I wouldn’t have put it so bluntly, but I saw no reason at this point not to be equally frank. “Yes.”
She started to say something else but was stopped by a sudden fit of coughing. Pouring some laudanum into a spoon, I carefully guided it into her mouth.
“Shh, don’t try to talk. An officer has been sent to get your daughter,” I continued. “She should be here soon. And I’m going to see about having one of the guards keep an eye on you during the night.”
She clutched at my hand. “But can we trust—”
“I think we can trust Cecil Vere,” I told her reassuringly. “I’m sure he’ll do everything possible to see that you’re safe.”
I waited until Yelena arrived, accompanied by the officer who had fetched her from the hotel. The poor child was nearly hysterical to find her mother in such a condition. It required all of my efforts, and some little time, before I could convince the girl that her mother would be all right. When she’d finally calmed down, I left her sitting by her mother’s bedside, while I went in search of Cecil Vere. I was frustrated to find no sign of the jailer. When I spoke to Sergeant Jackson, he said Vere hadn’t shown up that afternoon for his regular shift, nor had he sent word to the jail explaining his absence.
He listened dubiously when I told him my concern about my client’s safety. According to the sergeant, he’d seen this sort of thing too many times to believe it was anything but a suicide attempt. In the end, I had to be satisfied with his assurance that he would look in on Madame Karpova regularly during the night. Which was fine, I thought, as long as Sergeant Jackson didn’t turn out to be the killer.
Just to be on the safe side, I found the young jailer, Jimmy Wolf, and he readily agreed to watch Madame Karpova, as well. Finally satisfied that I had done everything I could to safeguard my client for that night at least, I wearily left the jail and boarded a horsecar for home.
The following morning, I was back at city jail by nine o’clock. To my surprise, Yelena had arrived a few minutes earlier. With her was Nicholas Bramwell, who motioned me aside as I passed through the antechamber.
“Please, I’d like a word with you before you go inside,” he said quietly.
“What is it?” I asked, following the young man away from the guard’s desk.
His handsome face was filled with anger and concern.
“Yelena is extremely distraught,” he began. “I can’t believe her mother could be so cruel. If she dies, that poor girl will be left in a strange country, with no one to look after her. You don’t think Madame Karpova
will try anything that foolish again, do you?”

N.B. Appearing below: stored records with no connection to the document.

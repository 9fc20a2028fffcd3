//! What stands behind the first word of a line whose entry has no list.
ghost use Rattle.std.specs.Prelude.{◌≡◌};
ghost use Rattle.q_trace.specs.Bodies.{at_behind, defer_behind, life_in, life_behind, load_behind, log_behind, mark_behind, plain_behind, preempt_behind};
ghost use Rattle.q_transport.specs.Routing.{table_of};

use crate::fields::{id_field, number32_field, transport_field, why_field};
use crate::kind::Kind;
use crate::part_texts::id;
use q_model::{Entry, Failure, LAST_MOMENT, Mode};
use q_numbers::{cut, read_number, read_number32};
use q_text::read_trigger;
use q_transport::Table;

/// The greatest moment of twelve digits.
const LAST_DUE: u64 = 999_999_999_999;

fn life_in(text: &[u8], mode: Mode) -> Option<Entry>
    ensures { result ≡ life_in mode text.now }
{
    let generation = read_number32(text, 1, u32::MAX)?;
    Some(Entry::Life { generation, mode })
}

fn life(text: &[u8]) -> Option<Entry>
    ensures { result ≡ life_behind text.now }
{
    match cut(text, b' ') {
        None => life_in(text, Mode::Deliver),
        Some((number, b"intake")) => life_in(number, Mode::Intake),
        Some(_) => None,
    }
}

fn at(text: &[u8]) -> Option<Entry>
    ensures { result ≡ at_behind text.now }
{
    let moment = read_number(text, 0, LAST_MOMENT)?;
    Some(Entry::At { moment })
}

fn load(text: &[u8]) -> Option<Entry>
    ensures { result ≡ load_behind text.now }
{
    let (id, rest) = id_field(text)?;
    let (from, rest) = number32_field(rest)?;
    let to = read_number32(rest, 0, u32::MAX)?;
    Some(Entry::Load { id, from, to })
}

fn preempt(text: &[u8], table: &Table) -> Option<Entry>
    ensures { result ≡ preempt_behind (table_of table.now) text.now }
{
    let (child, rest) = id_field(text)?;
    let (parent, rest) = id_field(rest)?;
    let (transport, rest) = transport_field(rest, table)?;
    let need = read_number32(rest, 0, u32::MAX)?;
    Some(Entry::Preempt {
        child,
        parent,
        transport,
        need,
    })
}

fn log(text: &[u8]) -> Option<Entry>
    ensures { result ≡ log_behind text.now }
{
    let (id, rest) = id_field(text)?;
    let (position, rest) = number32_field(rest)?;
    let (why, rest) = why_field(rest)?;
    let code = read_number(rest, 0, 65_535)? as u16;
    let failure = Failure {
        position,
        why,
        code,
    };
    Some(Entry::Log { id, failure })
}

fn mark(text: &[u8]) -> Option<Entry>
    ensures { result ≡ mark_behind text.now }
{
    let (id, rest) = id_field(text)?;
    let position = read_number32(rest, 0, u32::MAX)?;
    Some(Entry::Mark { id, position })
}

fn defer(text: &[u8]) -> Option<Entry>
    ensures { result ≡ defer_behind text.now }
{
    let (id, rest) = id_field(text)?;
    let due = read_number(rest, 0, LAST_DUE)?;
    Some(Entry::Defer { id, due })
}

/// The entry of a kind without a list; of the other kinds none.
#[tactic(auto, unfolding(crate::specs::Bodies::plain_behind))]
pub(crate) fn plain(kind: Kind, text: &[u8], table: &Table) -> Option<Entry>
    ensures { result ≡ plain_behind (table_of table.now) kind text.now }
{
    match kind {
        Kind::Life => life(text),
        Kind::At => at(text),
        Kind::Back => Some(Entry::Back { id: id(text)? }),
        Kind::Admit => Some(Entry::Admit { id: id(text)? }),
        Kind::Load => load(text),
        Kind::Preempt => preempt(text, table),
        Kind::Log => log(text),
        Kind::Mark => mark(text),
        Kind::Sync => Some(Entry::Sync { id: id(text)? }),
        Kind::Defer => defer(text),
        Kind::Bounce => Some(Entry::Bounce { id: id(text)? }),
        Kind::Remove => Some(Entry::Remove { id: id(text)? }),
        Kind::Corrupt => Some(Entry::Corrupt { id: id(text)? }),
        Kind::Trigger => {
            let kind = read_trigger(text)?;
            Some(Entry::Trigger { kind })
        }
        Kind::Arrive | Kind::Start | Kind::Reply | Kind::Skip => None,
    }
}
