//! The end of a line, and its spaces.
ghost use Rattle.std.specs.Prelude.{◌≡◌, ◌≢◌, IfNone, IfSome, List, ℕ};
ghost use Rattle.std.specs.List.{count_by};
ghost use Rattle.q_model.specs.TextParts.{text_line};
ghost use Rattle.q_numbers.specs.Pieces.{is_space};

pub(crate) fn spaces(text: &[u8]) -> usize
    ensures { result ≡ count_by is_space text.now }
{
    text.iter().filter(|b| **b == b' ').count()
}

/// The text of a line without its end.
pub(crate) fn without_end(line: &[u8]) -> Option<&[u8]>
    ensures some { IfSome result (λ text. text_line text.now ≡ line.now) }
    ensures none { IfNone result ((text : List ℕ) → text_line text ≢ line.now) }
{
    match line {
        [text @ .., b'\n'] => Some(text),
        _ => None,
    }
}
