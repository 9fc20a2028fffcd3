//! Whether a name is that of a message's file.
ghost use Rattle.std.specs.Prelude.{◌≢◌, IsFalse, IsTrue};
ghost use Rattle.q_check.specs.FileNames.{IsFileName, IsNoFileName};
ghost use Rattle.q_model.specs.declared.spot.Area.TheVariants as areas;
ghost use Rattle.q_model.specs.SpoolFiles.{area_of};

use q_model::{Area, Name, Place, due_of, id_of};

fn is_deferred_name(name: Name) -> bool
    ensures some { IsTrue result → IsFileName areas.Deferred name }
    ensures none { IsFalse result → IsNoFileName areas.Deferred name }
{
    match due_of(name) {
        Some(_) => true,
        None => false,
    }
}

/// Whether it is one at a place of a queue that isn't deferred.
fn is_plain_name(name: Name, place: Place) -> bool
    requires { area_of place ≢ areas.Deferred }
    ensures some { IsTrue result → IsFileName (area_of place) name }
    ensures none { IsFalse result → IsNoFileName (area_of place) name }
{
    match id_of(name) {
        Some(_) => true,
        None => false,
    }
}

/// Whether a message's file has this name in the area.
pub(crate) fn is_file_name(area: Area, name: Name) -> bool
    ensures some { IsTrue result → IsFileName area name }
    ensures none { IsFalse result → IsNoFileName area name }
{
    match area {
        Area::Incoming => is_plain_name(name, Place::Incoming),
        Area::Active => is_plain_name(name, Place::Active),
        Area::Deferred => is_deferred_name(name),
        Area::Hold => is_plain_name(name, Place::Hold),
        Area::Corrupt => is_plain_name(name, Place::Corrupt),
        _ => false,
    }
}
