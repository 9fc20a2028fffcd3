//! Whether a link may be read and written on.
ghost use Rattle.std.specs.Prelude.{◌≡◌};
ghost use Rattle.q_link.specs.Usages.{usage_called, usage_closed};

/// Whether a link may be read and written on.
#[derive(Clone, Copy, Debug, PartialEq, Eq)]
pub enum Usage {
    /// No read or write answered `End` or `Failed`.
    Open,
    /// One did, and none came behind it.
    Closed,
    /// One came behind it.
    Misused,
}

impl Usage {
    /// Behind a call that answered something else.
    pub fn called(self) -> Usage
        ensures { result ≡ usage_called self }
    {
        match self {
            Usage::Open => Usage::Open,
            Usage::Closed | Usage::Misused => Usage::Misused,
        }
    }

    /// Behind a call that answered `End` or `Failed`.
    pub fn closed(self) -> Usage
        ensures { result ≡ usage_closed self }
    {
        match self {
            Usage::Open => Usage::Closed,
            Usage::Closed | Usage::Misused => Usage::Misused,
        }
    }
}
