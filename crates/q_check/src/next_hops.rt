//! The entries of a transport table whose next hop can't be reached. What is an entry is said by
//! q_transport, and which next hop has a route by q_link.
ghost use Rattle.std.specs.List.{list_all};
ghost use Rattle.std.specs.Prelude.{◌≡◌, ◌++◌, ◌<◌, IfOk, IfSome, length, List, OnOk, position, ℕ};
ghost use Rattle.q_text.specs.Blanks.{is_blank};
ghost use Rattle.q_check.specs.NextHops.{hop_in, hop_lines, is_unreachable, is_unreachable_hop, text_of_line};
ghost use Rattle.q_transport.specs.TableLines.{behind_pattern, divided_line, next_hop_of, parts_of, parts_of_line};
ghost use Rattle.q_transport.specs.Texts.{is_transport, is_transport_byte};

use crate::lines::{add_conf_line, hop_text};
use q_conf::ConfFile;
use q_link::address_of;
use q_model::{Hop, NoMemory};
use q_numbers::cut;
use q_text::{first_line, is_blank, is_passed_over, is_text, trim_start};
use std::alloc::Global;

fn are_transport_bytes(name: &[u8]) -> bool
    ensures { result ≡ list_all is_transport_byte name.now }
{
    name.iter()
        .all(|b| matches!(*b, b'a'..=b'z' | b'0'..=b'9' | b'_' | b'-'))
}

/// Whether a text has the form of a transport's name.
fn is_transport(name: &[u8]) -> bool
    ensures { result ≡ is_transport name.now }
{
    let filled = !name.is_empty();
    let short = name.len() <= 32;
    let lawful = are_transport_bytes(name);
    filled & short & lawful
}

/// A next hop, which may be empty.
fn next_hop(text: &[u8]) -> Option<Option<Hop>>
    ensures { result ≡ next_hop_of text.now }
{
    if text.is_empty() {
        return Some(None);
    }
    Some(Some(Hop::new(text)?))
}

fn hop_of(name: &[u8], text: &[u8]) -> Option<Option<Hop>>
    ensures { (pattern : List ℕ) → result ≡ hop_in (parts_of pattern name.now text.now) }
{
    if !is_transport(name) {
        return None;
    }
    next_hop(text)
}

/// The first colon stands before the next hop.
fn hop_behind(text: &[u8]) -> Option<Option<Hop>>
    ensures { (pattern : List ℕ) → result ≡ hop_in (behind_pattern pattern text.now) }
{
    let (name, hop) = cut(text, b':')?;
    hop_of(name, hop)
}

/// The place of the first blank.
fn blank(line: &[u8]) -> Option<usize>
    ensures exact { result ≡ position is_blank line.now }
    ensures within { IfSome result (λ at. at < length line.now) }
{
    line.iter().position(|b| is_blank(*b))
}

/// The first blank stands behind the pattern, which isn't empty.
fn hop_divided(line: &[u8]) -> Option<Option<Hop>>
    ensures { result ≡ hop_in (divided_line line.now) }
{
    let at = blank(line)?;
    if at == 0 {
        return None;
    }
    let (_, rest) = line.split_at(at);
    hop_behind(trim_start(rest))
}

/// The next hop of an entry, where the line is one.
fn hop_in_line(line: &[u8]) -> Option<Option<Hop>>
    ensures { result ≡ hop_in (parts_of_line line.now) }
{
    if !is_text(line) {
        return None;
    }
    hop_divided(line)
}

fn is_unreachable_hop(hop: &Option<Hop>) -> bool
    ensures { result ≡ is_unreachable_hop hop.now }
{
    match hop {
        Some(hop) => address_of(hop).is_none(),
        None => true,
    }
}

/// Whether a line is an entry whose next hop can't be reached.
fn is_unreachable(line: &[u8]) -> bool
    ensures { result ≡ is_unreachable line.now }
{
    if is_passed_over(line) {
        return false;
    }
    match hop_in_line(line) {
        Some(hop) => is_unreachable_hop(&hop),
        None => false,
    }
}

/// Adds what is told of this line.
fn add_line(alloc: Global, text: &mut Vec<u8>, number: u64, line: &[u8]) -> Result<(), NoMemory>
    ensures { OnOk result (text.new.items ≡ text.old.items ++ text_of_line number line.now) }
{
    if !is_unreachable(line) {
        return Ok(());
    }
    add_conf_line(alloc, text, ConfFile::Table, number, hop_text())
}

/// What is told of the lines of a table.
pub(crate) fn hop_lines(alloc: Global, bytes: &[u8]) -> Result<Vec<u8>, NoMemory>
    ensures { IfOk result (λ text. text.items ≡ hop_lines bytes.now) }
{
    let mut text = Vec::new(alloc);
    let mut number = 0;
    let mut rest = bytes;
    while !rest.is_empty() {
        let (line, others) = first_line(rest);
        number += 1;
        add_line(alloc, &mut text, number, line)?;
        rest = others;
    }
    Ok(text)
}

I studied his face. “Mr. Bramwell, I hope you’ll forgive me for asking such a personal question, but just how serious is your friendship with Yelena Karpova?”
He regarded me with an expression of such boyish charm and sincerity, I could understand how this man might sweep any woman off her feet, much less a vulnerable young girl like Yelena.
“Actually, I’m very fond of her, Miss Woolson, and I’m not ashamed to admit it.”
“But your mother—”
“Ah, yes, my mother.” His face took on a pained look. “She’s been determined for some time that I marry Miss Radburn.”
“It seems that her determination has born fruit, since the two of you are engaged.”
“I’m afraid that’s no longer the case,” he said, feigning a regret I felt certain he didn’t feel. “Aldora—er, Miss Radburn, I mean—decided to call off our engagement. Yesterday, as a matter of fact.”
“Because of Yelena?”
“I’m afraid so.” He sighed; then, as if making up his mind, he said, “Look here, it’s no use trying to pretend that I’m sorry about breaking it off. It was never my idea to get married so soon after school in the first place. Miss Radburn is a wonderful woman—she would make any man a fine wife. I just—well, I’m simply not ready to settle down yet.”
“What about Yelena? Have you explained this to her?”
Now he looked sheepish. “Not exactly. She’s aware that I like her very much, but I haven’t led her to believe I want to get married. She’s just seventeen, Miss Woolson, far too young to think of marriage.”
“I quite agree with you.” I looked him in the eye. “I would hate to see that girl hurt, by you or by any other man. For her sake, Mr. Bramwell, be very certain that she understands your feelings and isn’t looking for a commitment you’re not prepared to make.”